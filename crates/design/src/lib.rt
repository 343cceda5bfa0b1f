//! A database that is taken to be played or built.
#![tactic(auto)]

mod design;
mod places;
mod points;
mod sound;
mod targets;
mod used;

pub use design::{Design, Unsound};
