//! The rows of tables that are in use.
ghost use Rattle.std.specs.Prelude.{◌↔◌, ◌≡◌, IsTrue};
ghost use Rattle.std.proofs.Common.{rules};
ghost use Rattle.database.specs.Rows.{no_symbol, no_step, no_statement, no_target, no_exit, no_node};
ghost use Rattle.control.specs.Databases.{rows_of, Begins, Hold};
ghost use Rattle.design.specs.Inner.{EndsInUse, AllEndInUse};

use control::Rows;
use database::{ExitRow, NodeRow, StatementRow, StepRow, SymbolRow, TargetRow};

// A row of a table.
trait TableRow: Copy {
    ghost unused: { Self };

    fn is_unused(&self) -> bool
        ensures { IsTrue result ↔ (self.now ≡ unused) };
}

impl TableRow for SymbolRow {
    ghost unused = { no_symbol };

    fn is_unused(&self) -> bool {
        *self == SymbolRow::default()
    }
}

impl TableRow for StepRow {
    ghost unused = { no_step };

    fn is_unused(&self) -> bool {
        *self == StepRow::default()
    }
}

impl TableRow for StatementRow {
    ghost unused = { no_statement };

    fn is_unused(&self) -> bool {
        *self == StatementRow::default()
    }
}

impl TableRow for TargetRow {
    ghost unused = { no_target };

    fn is_unused(&self) -> bool {
        *self == TargetRow::default()
    }
}

impl TableRow for ExitRow {
    ghost unused = { no_exit };

    fn is_unused(&self) -> bool {
        *self == ExitRow::default()
    }
}

impl TableRow for NodeRow {
    ghost unused = { no_node };

    fn is_unused(&self) -> bool {
        *self == NodeRow::default()
    }
}

// The rows of a table up to the last one that is not zero.
fn used<R: TableRow>(table: &[R]) -> &[R]
    ensures begins { Begins R.unused result.now table.now }
    ensures ends { EndsInUse R.unused result.now }
{
    let mut len = table.len();
    while len > 0 && table[len - 1].is_unused() {
        len -= 1;
    }
    &table[..len]
}

// The rows in use of each table.
pub(crate) fn rows_in_use<'a>(tables: &Rows<'a>) -> Rows<'a>
    ensures hold { Hold (rows_of result) (rows_of tables.now) }
    ensures ends { AllEndInUse (rows_of result) }
{
    Rows {
        symbols: used(tables.symbols),
        steps: used(tables.steps),
        statements: used(tables.statements),
        targets: used(tables.targets),
        exits: used(tables.exits),
        nodes: used(tables.nodes),
    }
}
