//! What is reckoned once of a database, so that no call has to search for it.
ghost use Rattle.control.specs.Databases.{rows_of};
ghost use Rattle.control.specs.Usable.{Usable};
ghost use Rattle.design.specs.Derived.{Placed};

use crate::points::{all_bits, bases, held_bits, input_bits};
use crate::targets::{TargetChains, chains, offsets};
use control::Rows;
use database::{SYMBOLS, TARGETS};

/// Where the bits of a database stand.
#[derive(Clone, Copy)]
pub struct Places {
    /// Of each symbol its first point.
    pub bases: [usize; SYMBOLS],
    /// Of each symbol the first target that names it, or 0.
    pub firsts: [usize; SYMBOLS],
    /// Of each target the bit of its statement's value that it begins with.
    pub offsets: [usize; TARGETS],
    /// Of each target the next one that names the same symbol, or 0.
    pub nexts: [usize; TARGETS],
    /// The bits of the inputs.
    pub input_bits: usize,
    /// The bits of inputs and memory.
    pub held_bits: usize,
    /// The bits of all symbols.
    pub all_bits: usize,
}

impl Places {
    // The places of the bits of these rows.
    pub(crate) fn of(rows: &Rows<'_>) -> Places
        requires { Usable (rows_of rows.now) }
        ensures { Placed (rows_of rows.now) result }
    {
        let TargetChains { firsts, nexts } = chains(rows);
        Places {
            bases: bases(rows),
            firsts,
            offsets: offsets(rows),
            nexts,
            input_bits: input_bits(rows),
            held_bits: held_bits(rows),
            all_bits: all_bits(rows),
        }
    }
}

* * *

> What is being asked: Please return each line of the data above in which the word "specs" occurs.

> Result of this exercise:
ghost use Rattle.std.specs.Prelude.{◌↔◌, ◌≡◌, IsTrue};
ghost use Rattle.database.specs.Rows.{no_symbol, no_step, no_statement, no_target, no_exit, no_node};
ghost use Rattle.control.specs.Databases.{rows_of, Begins, Hold};
ghost use Rattle.design.specs.Inner.{EndsInUse, AllEndInUse};
ghost use Rattle.control.specs.Databases.{rows_of};
ghost use Rattle.control.specs.Usable.{Usable};
ghost use Rattle.design.specs.Derived.{Placed};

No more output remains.